So - this past weekend The Management (Ange) and I set off for mid Wales in the UK to attend a composting toilet course at CAT - the Centre for Alternative Technology. No shit - there is a course on composting toilets.
You may be thinking - 'but you guys make toilets - why would you go on the course?' Well we make our toilets but these amazing folks look at lots of different toilets, user dynamics, group dynamics, what works on big scales, small scales, but most importantly what doesn't work. One of the points was that water toilets are here and for the foreseeable future here to stay. It's an amazing infrastructure that engineers have built and frankly it is awesome to flush and forget. So the CAT work with 'no flush' as well as 'low flush' tech (as low as 4 litres a flush! 🤯)
The Centre for Alternative Technology is an awesomely inspiring place. Founded in 1973 on a disused slate quarry in Mid Wales, CAT has evolved from a community to a visitor centre to an educational charity specialising in sharing practical solutions for sustainability. To a cold, hard-nosed numbers person like me, its ideals initially sound too good to be true even and wishy-washy. But in reality it really is that simple - inspire and educate people. That's where the amazing community of people make it what it is.
CAT’s mission is to inspire, inform and enable humanity to respond to the climate and biodiversity emergency.

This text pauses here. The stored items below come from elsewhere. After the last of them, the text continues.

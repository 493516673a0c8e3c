//! The first processes of a task.

use fd_table::{Access, Side};
use rights::{Fcntls, Rights};

/// What a first descriptor is of.
#[derive(Clone, Copy, PartialEq, Eq)]
pub enum FirstObject {
    /// A file or directory of the task, by its place in the list of nodes, for reading or writing. (open(2))
    Node { node: u16, access: Access },
    /// A side of a socket pair that the task starts with, 0 to 31. (socketpair(2))
    End { pair: u8, side: Side },
}

/// A descriptor that a process starts with. Those of one side of a pair share its description; each other has one of its
/// own. (rights(4), cap_fcntls_limit(2))
#[derive(Clone, Copy, PartialEq, Eq)]
pub struct FirstDescriptor {
    pub number: u8,
    pub object: FirstObject,
    pub rights: Rights,
    pub fcntls: Fcntls,
}

/// A first process.
#[derive(Drop)]
pub struct Start {
    /// The program's place in the task.
    pub program: u8,
    /// Whether it starts in capability mode.
    pub mode: bool,
    pub descriptors: Vec<FirstDescriptor>,
}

On the course for composting toilets, conversations between the course instructor Fin - an amazing person with a natural capability to facilitate conversation - and the group participants was varied and diverse. Participants' interests ranged from urban use cases, allotments, water conservation to off-grid & forest based applications... and of course the van crew! Topics ranged from composting toilets, design, usage and pathogen management to tomoato seeds (which need to pass through the gut to germinate - so almost always appear in compost!) to land usage, to green energy from biofuel - check out Drax here for an eye opening insight... and if that's not enough this letter to the EU... Sooo much of this was new to me...
But we digress...
The Center for Alternative technology is the kind of place that opens your eyes to amazing ideas. So many amazing ideas are here that course participants were asking - what was the name of that thing again it seems fricking awesome - why haven't I heard of it before? (it's called an Aquatron) Then there's the pushing of boundaries in general - like the huge 7.2m (23.6ft) rammed earth wall in the Wise building.
Those little contraptions on the doors to the composting toilet pits are fly traps.
Coming away from the course, I was inspired at how awesome composting is and could still be if we could scale it. How we have the low-energy solutions now (aquatron!) if only regulation were able to keep up with what was really needed for survival.
Luckily I know where there's a load of super smart people to work with to help make this shit happen!